# Big Wheel Antenna Engineering Letter

The two variables you referenced are the Greek letter ‘Theta’, E and H refer to the ‘electric’ field and the ‘magnetic’ field respectively. Theta in mathematics designates the angle of an argument. When you use horizontal polarization the ‘E’ field lies within the horizontal plane parallel to the surface of the Earth. The ‘H’ is perpendicular to it. When we use antennas, we use (generally) vertical or horizontally polarized elements. There are other polarization configurations but to keep it simple right now lets just entertain vertical and horizontal polarities. Theta ‘E’ and ‘H’ are used to measure the beamwidth of the antenna in degrees or the area of a beam front propagated by an antenna of so many elements and length. We calculate the gain of an antenna by using: Gain (in dBi) = 10 Log (41253/theta ‘E’ X theta ‘H’). If we look at a point source inside a sphere of radius 1 radian and that point source is illuminating it the gain is 1. e.g. Area of the surface of a sphere = 4 X PI X R^2 (radians), a radian we know to be 57.3 degrees, therefore the surface of the sphere contains 41,253 (square degrees, actually steradial degrees). So, if we have an antenna that measures say 60 degrees in the ‘E’ plane and 30 degrees in the ‘H’ plane; 30 X 60 = 1800 and 41,253/1800 = ~23 and 10 log 23 = 13.6 dBi (i being over an isotropic source).

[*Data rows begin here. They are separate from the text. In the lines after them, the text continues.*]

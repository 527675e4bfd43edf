//! The first predicate of a program, and of a certificate.

use mistake_sentences::FileMistake;
use prolog_tokens::TokenKind;
use token_search::{Look, TextToken, TokenReader, before_byte, shown_name};

/// The head of a program's first clause, as far as it was read.
#[derive(Clone, Copy)]
struct HeadLook<'a> {
    name: Option<TextToken<'a>>,
    arity: u64,
    depth: u32,
    /// Whether a directive is passed over.
    is_directive: bool,
    /// Whether the whole head was read.
    is_read: bool,
}

impl<'a> Look<'a> for HeadLook<'a> {
    fn take(&mut self, word: TextToken<'a>) -> bool {
        if self.is_directive {
            self.is_directive = !word.is_end();
            return true;
        }
        match self.name {
            None if word.is_neck() => {
                self.is_directive = true;
                true
            }
            None => {
                self.name = Some(word);
                word.kind == TokenKind::Name
            }
            Some(name) => self.take_part(name, word),
        }
    }
}

impl<'a> HeadLook<'a> {
    /// Takes a token after the name.
    fn take_part(&mut self, name: TextToken<'a>, word: TextToken<'a>) -> bool {
        if self.depth == 0 {
            return self.take_outside(name, word);
        }
        if self.depth == 1 && matches!(word.kind, TokenKind::Comma) {
            self.arity = self.arity.saturating_add(1);
        }
        self.depth = word.depth_after(self.depth);
        true
    }

    /// Takes a token after the name and outside brackets.
    fn take_outside(&mut self, name: TextToken<'a>, word: TextToken<'a>) -> bool {
        if word.opens_arguments(name) {
            self.depth = 1;
            self.arity = 1;
            return true;
        }
        self.is_read = word.follows_head();
        false
    }
}

/// Looks at the head of the first clause of a program.
fn head_of(text: &[u8]) -> HeadLook<'_> {
    let mut look = HeadLook {
        name: None,
        arity: 0,
        depth: 0,
        is_directive: false,
        is_read: false,
    };
    let mut reader = TokenReader::new(text, 0);
    reader.show_to(&mut look);
    look
}

/// The name and the arity of the predicate of a program's first clause, where these are plain to see.
fn first_pred(text: &[u8]) -> Option<(&str, u64)> {
    let look = head_of(text);
    if look.is_read
        && let Some(word) = look.name
        && let [b'a'..=b'z', ..] = word.text
        && let Some(name) = shown_name(word.text)
    {
        return Some((name, look.arity));
    }
    None
}

/// The text of the predicate of a certificate's first `terminates` line.
fn certified_pred(certificate: &[u8]) -> Option<&str> {
    for line in certificate.split(|byte| *byte == b'\n').take(3) {
        if let Some(rest) = line.strip_prefix(b"terminates(".as_slice()) {
            // A name in quotes may have commas.
            return if rest.starts_with(b"'") {
                None
            } else {
                shown_name(before_byte(rest, b',')?)
            };
        }
    }
    None
}

/// Whether a text is that of a predicate.
fn is_pred(text: &str, name: &str, arity: u64) -> bool {
    match text.rsplit_once('/') {
        Some((first, last)) => first == name && last.parse::<u64>() == Ok(arity),
        None => false,
    }
}

/// A mistake where a certificate is of another program: the first predicates of both are plain to see, and differ.
pub fn program_mistake<'a>(program: &'a [u8], certificate: &'a [u8]) -> Option<FileMistake<'a>> {
    if let Some((name, arity)) = first_pred(program)
        && let Some(other) = certified_pred(certificate)
        && !is_pred(other, name, arity)
    {
        return Some(FileMistake::OtherProgram { name, arity, other });
    }
    None
}

/// Whether a text begins as a certificate does.
pub fn is_certificate(text: &[u8]) -> bool {
    text.starts_with(b"cti(1).\n") || text.starts_with(b"cti(2).\n")
}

The wavefront transmitted from a horizontally polarized antenna will therefore have an ‘E’ plane that is horizontal. In order to receive the maximum amount of energy from the wave front of that propagated energy, the receiving antenna must also be horizontally polarized. If the receive antenna is moved out of the horizontal toward vertical or perpendicular to the plane of the transmit antenna the amount of received energy falls off as the cosine of the angle. For example: Let the receive antenna be positioned 45 degrees out of the plane of the transmitting antenna. the cosine of 45 degrees is 0.707. To find the amount of energy lost in decibels we take 20 Log of 0.707 and see that the loss is -3.01 dB, or half the power (actually half the voltage component of the power transmitted). If the angle between the transmit and receive antennas become 90 degrees the loss becomes -27 dB, this only in theory as I have, at best, working at the National Laboratories in Boulder, CO been only able to measure a loss of -22 dB between cross polarized elements. The reason being that there is no perfect horizontal or vertical wavefront. Each have components of the other to some degree.